1. **Network Layer**: Use TLS/encryption for change transmission
2. **Authentication**: Verify node identity (HMAC, digital signatures)
3. **Rate Limiting**: Per-node operation limits
4. **Input Validation**: Sanitize and limit sizes
5. **Monitoring**: Track tombstone growth and memory usage
6. **Thread Safety**: Use `Arc<Mutex<CRDT>>` in Rust, external locks in C++

## Performance Characteristics

### Time Complexity

| Operation | Average Case | Notes |
|-----------|-------------|-------|
| `insert_or_update` | O(n) | n = number of fields |
| `delete_record` | O(1) | HashMap removal |
| `merge_changes` | O(c) | c = number of changes |
| `get_changes_since` | O(r × f) | r = records, f = fields (optimized with version bounds) |
| `compress_changes` | O(n log n) | Uses unstable sort for better performance |
| `compact_tombstones` | O(t) | t = number of tombstones |

### Memory Efficiency

- HashMap-based storage: O(1) average case lookups
- Version boundaries: Skip unchanged records during sync
- Change compression: Remove redundant operations
- Tombstone compaction: Prevent unbounded growth

## Limitations

- **Thread Safety**: Not thread-safe; external synchronization required
- **Network Transport**: Not included; implement your own sync protocol
- **Text CRDT**: Auto-merge feature is incomplete (use BWW instead)
- **No Encryption**: Implement at application/network layer

## Migration Between Languages

| C++ | Rust |
|-----|------|
| `CRDT<K, V> crdt(node_id);` | `let mut crdt = CRDT::<K, C, V>::new(node_id, None);` |
| `crdt.insert_or_update(id, changes, pair1, pair2);` | `let changes = crdt.insert_or_update(&id, vec![pair1, pair2]);` |
| `crdt.delete_record(id, changes);` | `if let Some(change) = crdt.delete_record(&id) { ... }` |
| `crdt.merge_changes(std::move(changes));` | `crdt.merge_changes(changes, &DefaultMergeRule);` |
| `auto* record = crdt.get_record(id);` | `let record = crdt.get_record(&id);` |

## Documentation

- **`CLAUDE.md`** - Comprehensive technical documentation for developers (and Claude!)
- See inline documentation in source files

## Future Enhancements

### Planned
- [ ] Tombstone garbage collection improvements
- [ ] Custom merge functions for specialized use cases
- [ ] Text CRDT: Fix auto-merge algorithm
- [ ] Text CRDT: Implement move operations
- [ ] Text CRDT: Position rebalancing

### Rust-Specific Possibilities
- [ ] `async` support for network operations
- [ ] Optional resource limits (max records, max tombstones)

### Completed
- [x] `serde` integration for serialization (v0.2.0)
- [x] WebAssembly support via `no_std` + `alloc` (v0.2.0)

## Testing

```bash
# Rust
cargo test

# C++ - Column CRDT
g++ -std=c++20 tests.cpp -o tests && ./tests

# C++ - Text CRDT
g++ -std=c++20 test_text_crdt.cpp -o test_text_crdt && ./test_text_crdt
```

## Contributing

Contributions are welcome!
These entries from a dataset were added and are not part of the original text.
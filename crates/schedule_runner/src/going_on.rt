//! One step of a run, which is recorded.
ghost use Rattle.std.specs.Prelude.{◌≡◌, ◌≤◌, ◌<◌, ◌⊎◌, true, ℕ, IfErr, IsErrOf, IsSome, OnOk, Some, is_some, slice_get};
ghost use Rattle.std.specs.List.{AllByRecursion};
ghost use Rattle.std.specs.Option.{ForSome};
ghost use Rattle.plain_types.specs.Causes.{Rose, RoseTwice};
ghost use Rattle.sql_statements.specs.Tables.{is_dml};
ghost use Rattle.sql_statements.specs.declared.statement.Statement.{Statement as Stated};
ghost use Rattle.store_core.specs.Files.{Files, KeepsFiles};
ghost use Rattle.table_names.specs.FileNames.{NoneFrom};
ghost use Rattle.commit_builder.specs.NextVersion.{AreNames};
ghost use Rattle.session_machine.specs.declared.place.Place.{Place as Stand};
ghost use Rattle.session_steps.specs.Open.{IsOpen};
ghost use Rattle.session_steps.specs.Faults.{CannotStep};
ghost use Rattle.session_steps.specs.Steps.{AreWorkable, HasShape, LeavesOthers};
ghost use Rattle.schedule_runner.specs.Running.{Ended, Running};

use row_values::TableSchema;
use session_machine::Stepped;
use session_steps::{RunFault, Session, step};
use sql_statements::{Source, Statement};
use std::alloc::Global;
use store_core::{Clock, Store};

/// Makes the next step of a session that has a statement left, and records it. Where there is no room for the record the step is
/// not made.
pub(crate) fn go_on<S: Store, C: Clock>(
    alloc: Global,
    store: &mut S,
    clock: &mut C,
    table: &str,
    schema: &TableSchema,
    sources: &[Source],
    statements: &[Statement],
    session: &mut Session,
    steps: &mut Vec<Stepped>,
) -> Result<(), RunFault>
    requires statements { AreWorkable schema.now sources.now statements.now }
    requires changes { AllByRecursion (λ s. is_dml s ≡ true) statements.now }
    requires at_hand { IsSome (slice_get statements.now session.old.place.at) }
    requires shape { HasShape session.old }
    requires named { AreNames session.old.names }
    requires free { ForSome (S.files store.old) (NoneFrom table.now session.old.names.run session.old.names.session session.old.names.next) }
    requires running { ForSome (S.files store.old) (λ old. (start : Files) × (first : ℕ) × (place : Stand)
        × (begun : IsOpen table.now schema.now start first)
        × Running table.now schema.now sources.now statements.now start first place begun old session.old steps.old.items) }
    ensures goes { OnOk result (ForSome (S.files store.old) (λ old. (start : Files) (first : ℕ) (place : Stand)
        (begun : IsOpen table.now schema.now start first)
        → Running table.now schema.now sources.now statements.now start first place begun old session.old steps.old.items
        → (new : Files) × (S.files store.new ≡ Some new)
        × Running table.now schema.now sources.now statements.now start first place begun new session.new steps.new.items)) }
    ensures ends { IfErr result (λ fault. ForSome (S.files store.old)
        (λ old. (start : Files) (first : ℕ) (place : Stand) (begun : IsOpen table.now schema.now start first)
        → (running : Running table.now schema.now sources.now statements.now start first place begun old session.old steps.old.items)
        → (new : Files) × (S.files store.new ≡ Some new)
        × (ended : Ended table.now schema.now sources.now statements.now start first place begun new session.old.place
        steps.new.items (S.faults store.old) (S.faults store.new) fault) × (ended.last ≡ running.last))) }
    ensures faulted { IfErr result (λ fault. ForSome (S.files store.old)
        (λ old. (s : Stated) → slice_get statements.now session.old.place.at ≡ Some s
        → CannotStep table.now schema.now s old fault)) }
    ensures shape { OnOk result (HasShape session.new) }
    ensures session { (session.new.names.run ≡ session.old.names.run) × (session.new.names.session ≡ session.old.names.session) }
    ensures raised { session.old.names.next ≤ session.new.names.next }
    ensures named { AreNames session.new.names }
    ensures free { ForSome (S.files store.new) (NoneFrom table.now session.new.names.run session.new.names.session session.new.names.next) }
    ensures others { LeavesOthers table.now session.old.names (S.files store.old) (S.files store.new) }
    ensures told { is_some (S.files store.new) ≡ is_some (S.files store.old) }
    ensures kept { KeepsFiles (S.files store.old) (S.files store.new) }
    ensures later { S.faults store.old ≤ S.faults store.new }
    ensures store { IsErrOf result RunFault.Store → Rose (S.faults store.old) (S.faults store.new) × (0 < S.unsettled store.new) }
    ensures unknown { (number statement : ℕ) → IsErrOf result (RunFault.Unknown number statement)
        → RoseTwice (S.faults store.old) (S.faults store.new) × (2 ≤ S.unsettled store.new) }
    ensures at_hand { (number statement : ℕ) → IsErrOf result (RunFault.Unknown number statement)
        → (number ≡ session.old.place.session) × (statement ≡ session.old.place.at) }
    ensures quiet { OnOk result ((S.faults store.new ≡ S.faults store.old) ⊎ (S.unsettled store.new ≡ 0)) }
{
    if steps.reserve(1).is_err() {
        return Err(RunFault::Memory);
    }
    let now_ms = clock.now_ms();
    let stepped = match step(
        alloc, store, table, schema, sources, statements, session, now_ms,
    ) {
        Ok(stepped) => stepped,
        Err(fault) => return Err(fault),
    };
    match steps.push(stepped) {
        Ok(()) => Ok(()),
        Err(_) => unreachable!(),
    }
}
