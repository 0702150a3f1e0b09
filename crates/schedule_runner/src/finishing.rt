//! A session is run from its first statement to its last.
ghost use Rattle.std.specs.Prelude.{◌≡◌, ◌≤◌, ◌<◌, true, ℕ, length, Some, is_some};
ghost use Rattle.std.specs.List.{AllByRecursion};
ghost use Rattle.std.specs.Option.{ForSome};
ghost use Rattle.plain_types.specs.Causes.{Rose, RoseTwice};
ghost use Rattle.sql_statements.specs.Tables.{is_dml};
ghost use Rattle.store_core.specs.Files.{Files, KeepsFiles};
ghost use Rattle.table_names.specs.FileNames.{NoneFrom};
ghost use Rattle.commit_builder.specs.NextVersion.{AreNames};
ghost use Rattle.session_machine.specs.declared.place.Phase.TheVariants as phases;
ghost use Rattle.session_steps.specs.Open.{IsOpen};
ghost use Rattle.session_steps.specs.Steps.{AreWorkable, LeavesOthers};
ghost use Rattle.schedule_runner.specs.Outcome.{IsOutcome, first_place};

use crate::going_on::go_on;
use plain_types::List;
use row_values::TableSchema;
use session_machine::Stepped;
use session_steps::{RunFault, Session};
use sql_statements::{Source, Statement};
use std::alloc::Global;
use store_core::{Clock, Store};
use table_names::Names;

/// What came of a session.
#[derive(Drop)]
pub struct Run {
    /// The steps that were made to their end.
    pub steps: List<Stepped>,
    /// Why the next one was not, where the session has not answered all its statements.
    pub ended: Option<RunFault>,
}

/// Runs the statements one after another, as the session of this number, on a table that is open and that nobody else changes. It
/// puts files under the next of these names. Want of memory ends it also where there is no room for the record of a step.
pub fn run_session<S: Store, C: Clock>(
    alloc: Global,
    store: &mut S,
    clock: &mut C,
    table: &str,
    schema: &TableSchema,
    sources: &[Source],
    statements: &[Statement],
    number: usize,
    names: Names,
) -> Run
    requires statements { AreWorkable schema.now sources.now statements.now }
    requires changes { AllByRecursion (λ s. is_dml s ≡ true) statements.now }
    requires named { AreNames names }
    requires free { ForSome (S.files store.old) (NoneFrom table.now names.run names.session names.next) }
    requires open { ForSome (S.files store.old) (λ old. (current : ℕ) × IsOpen table.now schema.now old current) }
    ensures runs { ForSome (S.files store.old) (λ old. (current : ℕ) (begun : IsOpen table.now schema.now old current)
        → (new : Files) × (S.files store.new ≡ Some new)
        × IsOutcome table.now schema.now sources.now statements.now old current (first_place number) begun new result.steps
        (S.faults store.old) (S.faults store.new) result.ended) }
    ensures others { LeavesOthers table.now names (S.files store.old) (S.files store.new) }
    ensures told { is_some (S.files store.new) ≡ is_some (S.files store.old) }
    ensures kept { KeepsFiles (S.files store.old) (S.files store.new) }
    // What a fault needs of the counts.
    ensures later { S.faults store.old ≤ S.faults store.new }
    ensures store { result.ended ≡ Some RunFault.Store → Rose (S.faults store.old) (S.faults store.new) × (0 < S.unsettled store.new) }
    ensures within { (session statement : ℕ) → result.ended ≡ Some (RunFault.Unknown session statement) → statement < length statements.now }
    ensures unknown { (session statement : ℕ) → result.ended ≡ Some (RunFault.Unknown session statement)
        → RoseTwice (S.faults store.old) (S.faults store.new) × (2 ≤ S.unsettled store.new) }
{
    let mut session = Session::new(number, names);
    let run = finish(
        alloc,
        store,
        clock,
        table,
        schema,
        sources,
        statements,
        &mut session,
        u64::MAX,
    );
    close(session);
    run
}

// Lets go of a session that has ended.
fn close(_: Session) {}

// Runs a session that begins, in at most so many steps: there is no room for the record of one more.
fn finish<S: Store, C: Clock>(
    alloc: Global,
    store: &mut S,
    clock: &mut C,
    table: &str,
    schema: &TableSchema,
    sources: &[Source],
    statements: &[Statement],
    session: &mut Session,
    most: u64,
) -> Run
    requires statements { AreWorkable schema.now sources.now statements.now }
    requires changes { AllByRecursion (λ s. is_dml s ≡ true) statements.now }
    requires phase { session.old.place.phase ≡ phases.Plan }
    requires named { AreNames session.old.names }
    requires free { ForSome (S.files store.old) (NoneFrom table.now session.old.names.run session.old.names.session session.old.names.next) }
    requires open { ForSome (S.files store.old) (λ old. (current : ℕ) × IsOpen table.now schema.now old current) }
    ensures runs { ForSome (S.files store.old) (λ old. (current : ℕ) (begun : IsOpen table.now schema.now old current)
        → (new : Files) × (S.files store.new ≡ Some new)
        × IsOutcome table.now schema.now sources.now statements.now old current session.old.place begun new result.steps
        (S.faults store.old) (S.faults store.new) result.ended) }
    ensures others { LeavesOthers table.now session.old.names (S.files store.old) (S.files store.new) }
    ensures told { is_some (S.files store.new) ≡ is_some (S.files store.old) }
    ensures kept { KeepsFiles (S.files store.old) (S.files store.new) }
    ensures later { S.faults store.old ≤ S.faults store.new }
    ensures store { result.ended ≡ Some RunFault.Store → Rose (S.faults store.old) (S.faults store.new) × (0 < S.unsettled store.new) }
    ensures within { (session statement : ℕ) → result.ended ≡ Some (RunFault.Unknown session statement) → statement < length statements.now }
    ensures unknown { (session statement : ℕ) → result.ended ≡ Some (RunFault.Unknown session statement)
        → RoseTwice (S.faults store.old) (S.faults store.new) × (2 ≤ S.unsettled store.new) }
{
    let mut steps = Vec::new(alloc);
    for _ in 0..most {
        if session.place.at >= statements.len() {
            return run_of(steps, None);
        }
        match go_on(
            alloc, store, clock, table, schema, sources, statements, session, &mut steps,
        ) {
            Ok(()) => {}
            Err(fault) => return run_of(steps, Some(fault)),
        }
    }
    run_of(steps, Some(RunFault::Memory))
}

fn run_of(steps: Vec<Stepped>, ended: Option<RunFault>) -> Run
    ensures steps { result.steps ≡ steps.items }
    ensures ended { result.ended ≡ ended }
{
    Run {
        steps: List::from_vec(steps),
        ended,
    }
}
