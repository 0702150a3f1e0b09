//! The run of a script.
ghost use Rattle.std.specs.Prelude.{◌≡◌, ◌≤◌, ◌<◌, [], true, ℕ, ◌⊎◌, IfErr, IfOk, IsErrOf, Some, is_some};
ghost use Rattle.std.specs.List.{AllByRecursion};
ghost use Rattle.std.specs.Option.{ForSome};
ghost use Rattle.std.specs.Str.{IsUtf8};
ghost use Rattle.plain_types.specs.Causes.{Rose, RoseTwice};
ghost use Rattle.sql_statements.specs.Tables.{is_dml};
ghost use Rattle.store_core.specs.Files.{Files, KeepsFiles};
ghost use Rattle.table_names.specs.FileNames.{NoneFrom};
ghost use Rattle.table_names.specs.Runs.{IsFreshRun};
ghost use Rattle.table_names.specs.Sessions.{HasNoSlash};
ghost use Rattle.commit_builder.specs.NextVersion.{AreNames};
ghost use Rattle.session_steps.specs.Open.{IsOpen};
ghost use Rattle.session_steps.specs.Steps.{AreWorkable};
ghost use Rattle.schedule_runner.specs.Adding.{AddsAtMost};
ghost use Rattle.schedule_runner.specs.Outcome.{IsOutcome, first_place};
ghost use Rattle.schedule_runner.specs.Scripts.{WasRead, name_in, statements_in};

use crate::finishing::{Run, run_session};
use dml_parser::Script;
use plain_types::{List, Text};
use row_values::TableSchema;
use session_steps::RunFault;
use sql_statements::Statement;
use std::alloc::Global;
use store_core::{Clock, Store, StoreFault};
use table_names::{Names, a_fresh_run_has_free_names, fresh_run};

/// Runs a script that was read by this schema, on a table that is open and that nobody else changes. The files that it puts have
/// the least number of a run that no file of the table has.
pub fn run_script<S: Store, C: Clock>(
    alloc: Global,
    store: &mut S,
    clock: &mut C,
    table: &str,
    schema: &TableSchema,
    script: &Script,
) -> Run
    requires read { WasRead schema.now script.now }
    requires open { ForSome (S.files store.old) (λ old. (current : ℕ) × IsOpen table.now schema.now old current) }
    ensures runs { ForSome (S.files store.old) (λ old. (current : ℕ) (begun : IsOpen table.now schema.now old current)
        → (new : Files) × (S.files store.new ≡ Some new)
        × IsOutcome table.now schema.now [] (statements_in script.now) old current (first_place 0) begun new result.steps
        (S.faults store.old) (S.faults store.new) result.ended) }
    ensures adds { ForSome (S.files store.old) (λ old. (new : Files) × (S.files store.new ≡ Some new)
        × AddsAtMost table.now (name_in script.now) old new) }
    ensures kept { KeepsFiles (S.files store.old) (S.files store.new) }
    ensures told { is_some (S.files store.new) ≡ is_some (S.files store.old) }
    // What a fault needs of the counts.
    ensures later { S.faults store.old ≤ S.faults store.new }
    ensures store { result.ended ≡ Some RunFault.Store → Rose (S.faults store.old) (S.faults store.new) × (0 < S.unsettled store.new) }
    ensures within { (session statement : ℕ) → result.ended ≡ Some (RunFault.Unknown session statement) → statement < 4096 }
    ensures unknown { (session statement : ℕ) → result.ended ≡ Some (RunFault.Unknown session statement)
        → RoseTwice (S.faults store.old) (S.faults store.new) × (2 ≤ S.unsettled store.new) }
{
    let names = match first_names(alloc, store, table, name_in(script)) {
        Ok(names) => names,
        Err(fault) => return unbegun(alloc, fault),
    };
    let statements = statements_in(script);
    run_session(
        alloc,
        store,
        clock,
        table,
        schema,
        &[],
        statements,
        0,
        names,
    )
}

// A run of which no step was made.
fn unbegun(alloc: Global, fault: RunFault) -> Run
    ensures steps { result.steps ≡ [] }
    ensures ended { result.ended ≡ Some fault }
{
    Run {
        steps: List::new(alloc),
        ended: Some(fault),
    }
}

fn statements_in(script: &Script) -> &[Statement]
    ensures { result.now ≡ statements_in script.now }
{
    match script.sessions.get(0) {
        Some(session) => session.statements.as_slice(),
        None => &[],
    }
}

fn name_in(script: &Script) -> &str
    ensures { result.now ≡ name_in script.now }
{
    match script.sessions.get(0) {
        Some(session) => session.name.as_str(),
        None => "",
    }
}

/// The number of a session's first file.
const FIRST_NUMBER: u128 = 1;

// The first names of a session's files, in a run whose number is free.
fn first_names<S: Store>(
    alloc: Global,
    store: &mut S,
    table: &str,
    session: &str,
) -> Result<Names, RunFault>
    requires text { IsUtf8 session.now }
    requires slash { HasNoSlash session.now }
    ensures named { IfOk result AreNames }
    ensures first { IfOk result (λ names. (names.session ≡ session.now) × (names.next ≡ 1)) }
    ensures fresh { IfOk result (λ names. ForSome (S.files store.old) (λ old. IsFreshRun table.now old names.run)) }
    ensures free { IfOk result (λ names. ForSome (S.files store.old) (NoneFrom table.now names.run names.session names.next)) }
    ensures kind { IfErr result (λ fault. (fault ≡ RunFault.Store) ⊎ (fault ≡ RunFault.Memory)) }
    ensures files { S.files store.new ≡ S.files store.old }
    ensures later { S.faults store.old ≤ S.faults store.new }
    ensures store { IsErrOf result RunFault.Store → Rose (S.faults store.old) (S.faults store.new) × (0 < S.unsettled store.new) }
{
    let session = match Text::copy_of(alloc, session) {
        Ok(session) => session,
        Err(_) => return Err(RunFault::Memory),
    };
    a_fresh_run_has_free_names();
    match fresh_run(alloc, store, table) {
        Ok(run) => Ok(Names {
            run,
            session,
            next: FIRST_NUMBER,
        }),
        Err(StoreFault::Failed) => Err(RunFault::Store),
        Err(StoreFault::Memory) => Err(RunFault::Memory),
    }
}
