// How many datums a container has, by the counts of its blocks: the datums are not read.
ghost use Rattle.std.specs.Prelude.{◌≡◌, ◌+◌, ℕ, pos, List as Seq, length, Ok, IfOk, IfSome};
ghost use Rattle.avro_binary.specs.declared.datum.Datum.{Datum as Tree};
ghost use Rattle.avro_binary.specs.Shape.{Shape};
ghost use Rattle.avro_container.specs.declared.container.Container.{Container};
ghost use Rattle.avro_container.specs.Container.{container_of};
ghost use Rattle.avro_container.specs.Grammar.{AreBlocks, ReadsBlock};

use avro_binary::{Stop, front_at, length_at, long_at};
use avro_container::{ContainerFault, read_header};
use std::alloc::{AllocError, Global};

// The count of the block that begins here, and the blocks after it, where there are so many sync bytes.
fn count_at(sync: u64, bytes: &[u8]) -> Result<(i64, &[u8]), Stop>
    ensures { IfOk result (λ x. (shape : Shape) (marker : Seq ℕ) (datums : Seq Tree) (rest : Seq ℕ) → length marker ≡ sync
        → ReadsBlock shape marker bytes.now datums rest → (x.0 ≡ pos (length datums)) × (x.1.now ≡ rest)) }
{
    let (count, sized) = long_at(bytes)?;
    let (size, behind) = length_at(sized)?;
    let (_stored, synced) = front_at(size, behind)?;
    let (_marker, rest) = front_at(sync, synced)?;
    Ok((count, rest))
}

// The count with that of one block more.
fn with_block(count: u64, more: i64) -> Option<u64>
    ensures { IfSome result (λ n. (k : ℕ) → more ≡ pos k → n ≡ count + k) }
{
    if more < 0 {
        return None;
    }
    count.checked_add(more as u64)
}

// How many datums the blocks have.
fn count_blocks(sync: u64, bytes: &[u8]) -> Option<u64>
    ensures { IfSome result (λ n. (shape : Shape) (marker : Seq ℕ) (datums : Seq Tree) → length marker ≡ sync
        → AreBlocks shape marker bytes.now datums → n ≡ length datums) }
{
    let mut count: u64 = 0;
    let mut rest = bytes;
    for _ in 0..bytes.len() {
        if rest.is_empty() {
            return Some(count);
        }
        let (more, after) = match count_at(sync, rest) {
            Ok(found) => found,
            Err(_) => return None,
        };
        count = with_block(count, more)?;
        rest = after;
    }
    if rest.is_empty() { Some(count) } else { None }
}

/// How many datums the container has. Nothing is found where the bytes are no container.
pub(crate) fn count_datums(alloc: Global, bytes: &[u8]) -> Result<Option<u64>, AllocError>
    ensures { IfOk result (λ found. IfSome found (λ n. (c : Container) → container_of bytes.now ≡ Ok c → n ≡ length c.datums)) }
{
    match read_header(alloc, bytes) {
        Ok((header, rest)) => Ok(count_blocks(header.sync.len() as u64, rest)),
        Err(ContainerFault::Memory) => Err(AllocError),
        Err(_) => Ok(None),
    }
}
Please ensure:

**Rust:**
- All tests pass (`cargo test`)
- Code is formatted (`cargo fmt`)
- No clippy warnings (`cargo clippy`)
- Maintain feature parity with C++

**C++:**
- Requires C++20 compatible compiler
- All tests pass
- Maintain feature parity with Rust

## License

This project is licensed under the MIT License - see the [LICENSE](LICENSE) file for details.

## References

### CRDT Theory
- [A comprehensive study of CRDTs - Shapiro et al.](https://hal.inria.fr/inria-00555588)
- [Conflict-free Replicated Data Types](https://arxiv.org/abs/1805.06358)

### Text CRDTs
- [LSEQ: Adaptive Structure for Sequences](https://hal.archives-ouvertes.fr/hal-00921633)
- [Logoot: Scalable Optimistic Replication](https://hal.inria.fr/inria-00432368)
- [Fractional Indexing - Figma](https://www.figma.com/blog/realtime-editing-of-ordered-sequences/)

### Logical Clocks
- [Time, Clocks, and Ordering - Lamport](https://lamport.azurewebsites.net/pubs/time-clocks.pdf)

---

**CRDT-Lite** offers a streamlined approach to conflict-free replicated data types, balancing simplicity and efficiency. By focusing on fine-grained conflict resolution and deterministic merge semantics, CRDT-Lite is well-suited for applications requiring scalability and low overhead in distributed environments.